Scottish independence is back in the news, but I don’t think it’s happening. As said Brexit will pass uneventfully and the opportunity to use it politically likewise. I don’t think a referendum would turn out very different than last time, given the uncertainty of exiting both the EU and the UK, having to re-enter the EU and adopting the Euro. I could be persuaded to vote for it but only for cynical immigration reasons. I’d vote for it with my heart if Scotland were to abolish the monarchy and become like Ireland with blue post boxes.

Trump, despite being a pig of a man, has turned out a pretty good president. Being an outsider he recognizes that the time of America offering “protection” around the world, in both senses, is over.
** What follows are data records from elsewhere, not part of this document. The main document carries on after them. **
// Reading a log frame by frame.
ghost use Rattle.std.specs.Prelude.{◌≡◌, ◌≤◌, ◌<◌, ◌+◌, ◌-◌, ◌^◌, ℕ, List, Err, IfOk, length, min, take, drop};
ghost use Rattle.site_model.specs.History.{changes_of, content_of, IsKept};
ghost use Rattle.site_model.specs.Calls.{HasRisen};
ghost use Rattle.commit_log.specs.Frames.{HasRead};
ghost use Rattle.commit_log.specs.Reading.{IsAhead, Goes, StaysAhead, RestsAtEnd, StaysInFile};

use crate::parse::parse_gate;
use crate::payload::Payload;
use crate::reader::{FrameError, LogReader, Next};
use crate::states::Resting;
use site_model::Site;
use std::alloc::{AllocError, Global};
use std::cmp::{max, min};

/// The length that no segment reaches.
const END: u64 = 1 << 31;

/// How many bytes are read ahead by one read, where so many are left of the file.
const PIECE: u64 = 1 << 20;

impl LogReader {
    /// The log with so many bytes read ahead, or all up to its end where there are fewer, by one read at most.
    fn reaching<V: Site>(
        self,
        alloc: Global,
        site: &mut V,
        wanted: u64,
    ) -> Result<LogReader, FrameError>
        ensures tells { V.tells site.new → V.tells site.old }
        ensures ahead { V.tells site.new
            → IsAhead (content_of self.file (V.history site.old)) self
            → IfOk result (IsAhead (content_of self.file (V.history site.old))) }
        ensures reached { IfOk result (λ reader. min wanted (self.size - self.gate)
            ≤ length reader.ahead) }
        ensures short { V.tells site.new → (offset : ℕ) → result ≡ Err (FrameError.Damaged offset)
            → length (content_of self.file (V.history site.old)) < self.size }
        ensures place { IfOk result (λ reader. (reader.file ≡ self.file)
            × (reader.header ≡ self.header) × (reader.gate ≡ self.gate)
            × (reader.size ≡ self.size)) }
        ensures unchanged { V.history site.new ≡ V.history site.old }
        ensures fault { result ≡ Err FrameError.SiteFault
            → HasRisen (V.disk_faults site.old) (V.disk_faults site.new) }
        ensures later { V.disk_faults site.old ≤ V.disk_faults site.new }
        ensures say_faults { V.say_faults site.new ≡ V.say_faults site.old }
    {
        let left = self.size.saturating_sub(self.gate);
        if self.ahead.as_bytes().len() as u64 >= min(wanted, left) {
            return Ok(self);
        }
        let LogReader {
            file,
            header,
            gate,
            size,
            ahead,
        } = self;
        let count = min(left, max(wanted, PIECE)) as usize;
        let ahead = ahead.read(alloc, site, file, gate, count)?;
        Ok(LogReader {
            file,
            header,
            gate,
            size,
            ahead,
        })
    }

    /// Reads the frame behind the next gate, if that is open. Where it wasn't read ahead, one read fetches 1 MiB from the gate on, or the
    /// frame where that is longer, or what is left. A length is looked at against the file's before memory is taken for it.
    pub fn next<V: Site>(self, alloc: Global, site: &mut V) -> Result<Next, FrameError>
        ensures tells { V.tells site.new → V.tells site.old }
        ensures found { V.tells site.new
            → IsAhead (content_of self.file (V.history site.old)) self
            → (payloads : List (List ℕ))
            → HasRead (content_of self.file (V.history site.old)) self.header payloads self.gate
            → Goes (content_of self.file (V.history site.old)) self payloads result }
        ensures ahead { V.tells site.new
            → IsAhead (content_of self.file (V.history site.old)) self
            → StaysAhead (content_of self.file (V.history site.old)) result }
        ensures rests { V.tells site.new
            → IsAhead (content_of self.file (V.history site.old)) self
            → (payloads : List (List ℕ))
            → HasRead (content_of self.file (V.history site.old)) self.header payloads self.gate
            → IsKept (changes_of self.file (V.history site.old))
            → RestsAtEnd (V.history site.new) self.header payloads result }
        ensures unchanged { V.history site.new ≡ V.history site.old }
        ensures place { StaysInFile self result }
        ensures fault { result ≡ Err FrameError.SiteFault
            → HasRisen (V.disk_faults site.old) (V.disk_faults site.new) }
        ensures later { V.disk_faults site.old ≤ V.disk_faults site.new }
        ensures say_faults { V.say_faults site.new ≡ V.say_faults site.old }
    {
        let reader = self.reaching(alloc, site, 5)?;
        let gate = reader.gate;
        let payload_len = match parse_gate(gate, reader.ahead.as_bytes()) {
            Ok(Some(payload_len)) => payload_len,
            Ok(None) => {
                return Ok(Next::End(Resting {
                    file: reader.file,
                    gate,
                }));
            }
            Err(error) => return Err(error),
        };
        let next = gate + 5 + payload_len as u64;
        if next >= reader.size || next + 1 >= END {
            return Err(FrameError::Damaged { offset: gate + 1 });
        }
        let reader = reader.reaching(alloc, site, 5 + payload_len as u64)?;
        match reader.take_frame(alloc, payload_len as usize) {
            Ok((payload, behind)) => Ok(Next::Frame(payload, behind)),
            Err(_) => Err(FrameError::Memory),
        }
    }

    /// The payload of this length behind an open gate, all of which was read ahead, and the log behind it.
    fn take_frame(
        self,
        alloc: Global,
        payload_len: usize,
    ) -> Result<(Payload, LogReader), AllocError>
        requires there { 5 + payload_len ≤ length self.ahead }
        requires below { self.gate + 6 + payload_len < 2 ^ 31 }
        ensures payload { IfOk result (λ found. found.0
            ≡ take payload_len (drop 5 self.ahead)) }
        ensures ahead { IfOk result (λ found. found.1.ahead
            ≡ drop (5 + payload_len) self.ahead) }
        ensures place { IfOk result (λ found. (found.1.file ≡ self.file)
            × (found.1.header ≡ self.header) × (found.1.size ≡ self.size)
            × (found.1.gate ≡ self.gate + 5 + payload_len)) }
    {
        let LogReader {
            file,
            header,
            gate,
            size,
            ahead,
        } = self;
        let end = 5 + payload_len;
        let payload = Payload::copy_of(alloc, &ahead.as_bytes()[5..end])?;
        let behind = LogReader {
            file,
            header,
            gate: gate + end as u64,
            size,
            ahead: ahead.behind(end),
        };
        Ok((payload, behind))
    }
}
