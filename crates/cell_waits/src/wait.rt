//! What waits, and what it is looked for by.

ghost use Rattle.std.specs.Prelude.{◌≡◌, Some, option_map};
ghost use Rattle.dura_value.specs.Views.{id_of, message_of};
ghost use Rattle.part_rows.specs.Views.{activity_of};
ghost use Rattle.spec_tracker.specs.Marks.{identity_of};
ghost use Rattle.cell_waits.specs.Waits.{wait_of, source_of, sender_of, target_of, asker_of, task_of, message_in, lasting, is_activity, is_outcome_of};

use dura_value::{Id, Message, Outcome};
use log_items::Item;
use part_rows::{Activity, number_in};
use spec_tracker::Dep;

/// An outcome of an activity.
#[derive(Drop)]
pub struct Ended {
    /// Whose activity it is.
    pub id: Id,
    /// The number of the task.
    pub task: u32,
    /// The activity.
    pub activity: Activity,
    /// What it came to.
    pub outcome: Outcome,
}

/// What waits at a cell.
#[derive(Drop)]
pub enum Wait {
    /// A request, a packet of a stream from another partition, or the trim of a stream to one.
    Outside(Item),
    /// An outcome.
    Ended(Ended),
}

/// The partition whose stream a packet is of.
pub(crate) fn source_of(wait: &Wait) -> Option<u32>
    ensures { result ≡ source_of (wait_of wait.now).item }
{
    match wait {
        Wait::Outside(Item::Got(source, _, _, _, _)) => Some(*source),
        _ => None,
    }
}

/// The entry that sent a packet.
pub(crate) fn sender_of(wait: &Wait) -> Option<Dep>
    ensures { option_map identity_of result ≡ sender_of (wait_of wait.now).item }
{
    match wait {
        Wait::Outside(Item::Got(src, inc, pos, seq, _)) => Some(Dep {
            src: *src,
            inc: *inc,
            pos: *pos,
            seq: *seq,
        }),
        _ => None,
    }
}

/// The partition whose stream is trimmed.
pub(crate) fn target_of(wait: &Wait) -> Option<u32>
    ensures { result ≡ target_of (wait_of wait.now).item }
{
    match wait {
        Wait::Outside(Item::Trim(target, _, _, _)) => Some(*target),
        _ => None,
    }
}

/// The client of a request, and the request's number.
pub(crate) fn asker_of(wait: &Wait) -> Option<(&Id, u32)>
    ensures { option_map (λ k. (id_of k.0.now, k.1)) result ≡ asker_of (wait_of wait.now).item }
{
    match wait {
        Wait::Outside(Item::Took(message)) => Some((&message.from, number_in(&message.body))),
        _ => None,
    }
}

/// Whose outcome it is, and of which task.
pub(crate) fn task_of(wait: &Wait) -> Option<(&Id, u32)>
    ensures { option_map (λ k. (id_of k.0.now, k.1)) result ≡ task_of (wait_of wait.now).item }
{
    match wait {
        Wait::Outside(Item::Done(id, task, _)) => Some((id, *task)),
        Wait::Outside(_) => None,
        Wait::Ended(ended) => Some((&ended.id, ended.task)),
    }
}

/// The message of a request.
pub(crate) fn message_in(wait: &Wait) -> Option<&Message>
    ensures { option_map (λ m. message_of m.now) result ≡ message_in (wait_of wait.now).item }
{
    match wait {
        Wait::Outside(Item::Took(message)) => Some(message),
        _ => None,
    }
}

/// Whether it goes on to wait where entries are given up.
pub(crate) fn is_lasting(wait: &Wait) -> bool
    ensures { result ≡ lasting (wait_of wait.now) }
{
    match wait {
        Wait::Outside(Item::Took(_) | Item::Trim(_, _, _, _)) => true,
        _ => false,
    }
}

/// Whether two activities are the same.
#[tactic(auto, using(dura_value::proofs::SameViews::value_eq_is))]
fn is_same_activity(one: &Activity, other: &Activity) -> bool
    ensures { result ≡ is_activity (activity_of other.now) (Some (activity_of one.now)) }
{
    one.name == other.name && one.argument == other.argument
}

/// Whether it is an outcome of this task of this activity.
#[tactic(auto, using(dura_value::proofs::Ids::derived_id_eq))]
pub(crate) fn is_outcome(wait: &Wait, id: &Id, task: u32, activity: &Activity) -> bool
    ensures { result ≡ is_outcome_of (id_of id.now) task (activity_of activity.now)
        (wait_of wait.now) }
{
    match wait {
        Wait::Outside(_) => false,
        Wait::Ended(ended) => {
            (ended.id == *id && ended.task == task) && is_same_activity(&ended.activity, activity)
        }
    }
}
Since the 50s the dogma was that spreading capitalism would benefit the US foremost as well as lifting all boats. Now that’s no longer the case and the US needs to adjust to being one of several developed powers, as well as get out of the protection business. For all the alarm in the press, Trump is making the post-superpower transition as peacefully as anyone could have hoped. War in Iran, which many in Washington are thirsty for, keeps failing to materialise. It’s hard to get full facts about Syria, but it’s possible Trump may have killed fewer people than any president since Carter and, although I don’t like him, utilitarian arguments count.

In all likelihood, Trump will get re-elected. Especially if Sanders and Warren fight each other while the press and the middle-class do all they can to nominate a centrist. I think US society is rapidly approaching the point of being beyond repair, and it’s because the so-called progressive elite refuses to check its privilege and accept socialist policies. Beyond repair means the role of the state disintegrates, beyond security, and the US becomes a libertarian -topia. What kind depends on your point of view.

Climate may have been saved in 2019, mainly thanks to Greta Thundberg. We should build the young woman a statue. For the first time there’s wide realization that something has to change, even in the US, and people are vaguely aware that might mean changing their personal habits. Eating less meat and driving less, for example. Maybe accepting the the Earth has seasons and not trying to negate them with air conditioning. Technological change is happening everywhere except the US, where they’re waiting for the prophet Elon Musk. Saving the climate means Bangladesh will be uninhabitable due to floods, and the Arabian peninsula due to heat, but hey we get to survive as a species.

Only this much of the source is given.